La gaviota y  el  mar

        

Érase una vez una muy humilde familia:  tres hermanos, el padre y la madre.   Vivían muy  cerca del mar, que les daba de comer porque el padre era pescador. Pronto nacería un nuevo  niño. La madre estaba   encinta   y   se   acercaba    la   fecha    del alumbramiento.

      Nació  una  niña,  preciosa,   de aterciopelada piel.  Creció   fuerte,   sana,   y  pronto  comenzó  a encariñarse   con   todo   lo   que   le   rodeaba.   La cristalina risa de la niña era la alegría de la casa y sus largos cabellos rubios eran como un incensario, derramando naturales aromas cargados de inocencia. Adoraba a sus padres y hermanos y era mimada por todos.  

El campo cercano a su casa se convirtió en cómplice conocedor de sus infantiles fantasías. Desde allí veía las gaviotas que a primeras horas del atardecer acompañaban de regreso a la barca de su padre. Disfrutaba muchísimo con el vuelo vital de aquellas sus amigas aladas. Desviando la mirada hacia lo más inmediato que le rodeaba, veía otro mar de irisada hierba cuajada de flores multicolores. Llena de ilusión, se afanaba en hacer un ramito que todos los días llevaba a su madre, pretendiendo una infantil sorpresa. Volviendo a casa, se extasiaba contemplando el impenetrable bosque oscuro de esbeltos árboles que constituía el telón de su horizonte. Y muy cerca, estaba su mar. Ese mar siempre distinto que le ofrecía infinitos juegos. Jugaba con la visión de las olas rompientes. Si el día era calmo, fantaseaba con un mundo de luz bajo la aquietada superficie del agua. Su mundo era inmenso, pleno. Era una niña feliz.  

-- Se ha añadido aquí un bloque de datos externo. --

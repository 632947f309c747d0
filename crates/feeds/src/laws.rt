//! What was sent out of a subscription.
ghost use Rattle.feeds.specs.Laws.{EmittedGoesOnLaw, EmittedLaw};

/// Each out that was got of a crew's workers met a fate: it was sent, written or held back, or this failed. Of these outs, the NOTIFYs with a
/// subscription's tag are just those of its life, in order. What this law asks of fates the contracts of `notifyd udp` and of `serve`
/// promise. Of a crew that went on from saved books it holds behind what went out before.
pub fn emitted()
    ensures anew { EmittedLaw }
    ensures on { EmittedGoesOnLaw }
{}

Pronto comenzó a descubrir algunos tesoros del mar, acompañando a su padre en sosegados paseos en la modesta embarcación, muy quieta, a popa.  

Con el tiempo, aunque jóvenes, sus hermanos debieron abandonar el hogar para buscar, cada cual por donde pudo, el sustento.  

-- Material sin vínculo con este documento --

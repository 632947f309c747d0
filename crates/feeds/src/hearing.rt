//! What datagrams say.
ghost use Rattle.std.specs.Prelude.{◌≡◌, ℕ, List, MatchResult};
ghost use Rattle.transport.specs.Wires.{datagram};
ghost use Rattle.sip_read.specs.Message.{IsReading};
ghost use Rattle.feeds.specs.Heard.{event_of, SipSays, ControlSays, Says};

use notifier_model::Event;
use scripts::{Control, parse_control};
use sip_read::{Message, ReadError, read};
use sip_text::Addr;
use std::alloc::Global;

/// What is spoken on a wire.
#[derive(Clone, Copy, Debug, PartialEq, Eq)]
pub enum Language {
    /// SIP messages (RFC 3261 section 7).
    Sip,
    /// Lines that control a running server, one in a datagram.
    Control,
}

/// What a datagram says.
#[derive(Debug, Drop)]
pub enum Heard {
    /// What happened: an event for the workers.
    Event(Event),
    /// Nothing that can be read, or there was no memory to read it.
    Unread,
    /// The server takes no more.
    Close,
}

/// What a SIP datagram from this source says that was read so.
pub fn hear_message(source: Addr, message: Result<Message, ReadError>) -> Heard
    ensures says { (octets : List ℕ) → IsReading octets message → SipSays source octets result }
    ensures heard { MatchResult message (λ m. result ≡ Heard.Event (event_of source m)) (λ _. result ≡ Heard.Unread) }
{
    match message {
        Ok(Message::Request(request)) => Heard::Event(Event::Request(source, request)),
        Ok(Message::Response(response)) => Heard::Event(Event::Reply(response)),
        Err(_) => Heard::Unread,
    }
}

/// What a SIP datagram says: the message that it is. It never closes a server.
pub fn hear_sip(alloc: Global, source: Addr, octets: &[u8]) -> Heard
    ensures { SipSays source octets.now result }
{
    hear_message(source, read(alloc, octets))
}

/// What a control line says, with its LF or without.
pub fn hear_control(alloc: Global, octets: &[u8]) -> Heard
    ensures { ControlSays octets.now result }
{
    match parse_control(alloc, octets) {
        Ok(Control::Change(change)) => Event::of(change).map_or(Heard::Unread, Heard::Event),
        Ok(Control::Tick(time)) => Heard::Event(Event::Tick(time)),
        Ok(Control::Close) => Heard::Close,
        Err(_) => Heard::Unread,
    }
}

/// What a datagram says in this language.
pub fn hear(alloc: Global, language: Language, source: Addr, octets: &[u8]) -> Heard
    ensures { Says language (datagram source octets.now) result }
{
    match language {
        Language::Sip => hear_sip(alloc, source, octets),
        Language::Control => hear_control(alloc, octets),
    }
}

La niña mujer sufrió infinito al verse privada del afecto de sus adorados hermanos. Pasó mucho tiempo dolida, no comprendiendo por qué lo que los mayores llaman la vida había de maltratarla de aquella injusta forma. Buscaba las respuestas a sus primeras preguntas adultas hablando de cosas sencillas con sus padres. Otras veces pretendía el consuelo en las conversaciones que tenía con su amigo el mar. Pasaba horas caminando por la playa, por la fugaz división entre la arena y el agua. Le hablaba al mar que acabó convirtiéndose en su mejor amigo. Con el mar compartía el susurro de sus palabras y el agua de sus lágrimas.  

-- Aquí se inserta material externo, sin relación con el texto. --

//! What writes the lines of transfers.
ghost use Rattle.std.specs.Prelude.{◌≡◌, true, OnOk, OnErr};
ghost use Rattle.std.specs.Io.KnownBytes.{Appends};
ghost use Rattle.transport.specs.Devices.{one_more, AppendsFront};
ghost use Rattle.scripts.specs.Page.{start_text};

use std::io::Write;
use transport::Sink;

/// A line was not written whole, or not flushed.
#[derive(Clone, Copy)]
pub(crate) struct Unwritten;

/// Writes all of these bytes.
fn write_whole<F: Write>(sink: &mut Sink<F>, bytes: &[u8]) -> Result<(), Unwritten>
    ensures whole { OnOk result (Appends (F.contents sink.old.writer) (F.contents sink.new.writer) bytes.now) }
    ensures no_failure { OnOk result (sink.new.failures ≡ sink.old.failures) }
    ensures front { OnErr result (AppendsFront (F.contents sink.old.writer) (F.contents sink.new.writer) bytes.now) }
    ensures failure { OnErr result (sink.new.failures ≡ one_more sink.old.failures) }
{
    let mut written = 0;
    while written < bytes.len() {
        let rest = bytes.split_at(written).1;
        let Ok(count) = sink.write(rest) else {
            return Err(Unwritten);
        };
        if count == 0 {
            return Err(Unwritten);
        }
        written += count;
    }
    Ok(())
}

/// Writes the line of a transfer that starts, and flushes it.
pub(crate) fn write_start<F: Write>(
    sink: &mut Sink<F>,
    tag: &str,
    refer_to: &str,
) -> Result<(), Unwritten>
    ensures whole { OnOk result
        (Appends (F.contents sink.old.writer) (F.contents sink.new.writer) (start_text tag.now refer_to.now)) }
    ensures flushed { OnOk result (sink.new.is_flushed ≡ true) }
    ensures no_failure { OnOk result (sink.new.failures ≡ sink.old.failures) }
    ensures front { OnErr result
        (AppendsFront (F.contents sink.old.writer) (F.contents sink.new.writer) (start_text tag.now refer_to.now)) }
    ensures failure { OnErr result (sink.new.failures ≡ one_more sink.old.failures) }
{
    write_whole(sink, b"START ")?;
    write_whole(sink, tag.as_bytes())?;
    write_whole(sink, b" ")?;
    write_whole(sink, refer_to.as_bytes())?;
    write_whole(sink, b"\n")?;
    match sink.flush() {
        Ok(()) => Ok(()),
        Err(_) => Err(Unwritten),
    }
}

La vida llevó a sus padres a procurar para la mujercita el mayor acomodo y formación, que no pudieron dar a sus hijos.

Las nuevas tareas distanciaron a la niña del mar. Ahora apenas lo veía al salir o regresar de la ciudad, a donde iba todas las mañanas a aprender.

Siguió creciendo. Aún tuvo que alejarse más de sus padres. Marchó a la capital a trabajar, para lo que se había preparado con esfuerzo.

Esta nueva ruptura supuso una herida grande, profunda, de la que tardó en reponerse. Mientras, iba estableciéndose, penosamente, en su nuevo entorno.

Consiguió llegar a donde ninguna mujer había llegado en la empresa donde prestaba sus servicios. Sin embargo, una sutil tristeza se había apoderado de ella. Sólo con una voluntad firme podía dejar al lado los sentimientos de afecto quebrados. No se había convertido en un ser frío... era una mujer entristecida.  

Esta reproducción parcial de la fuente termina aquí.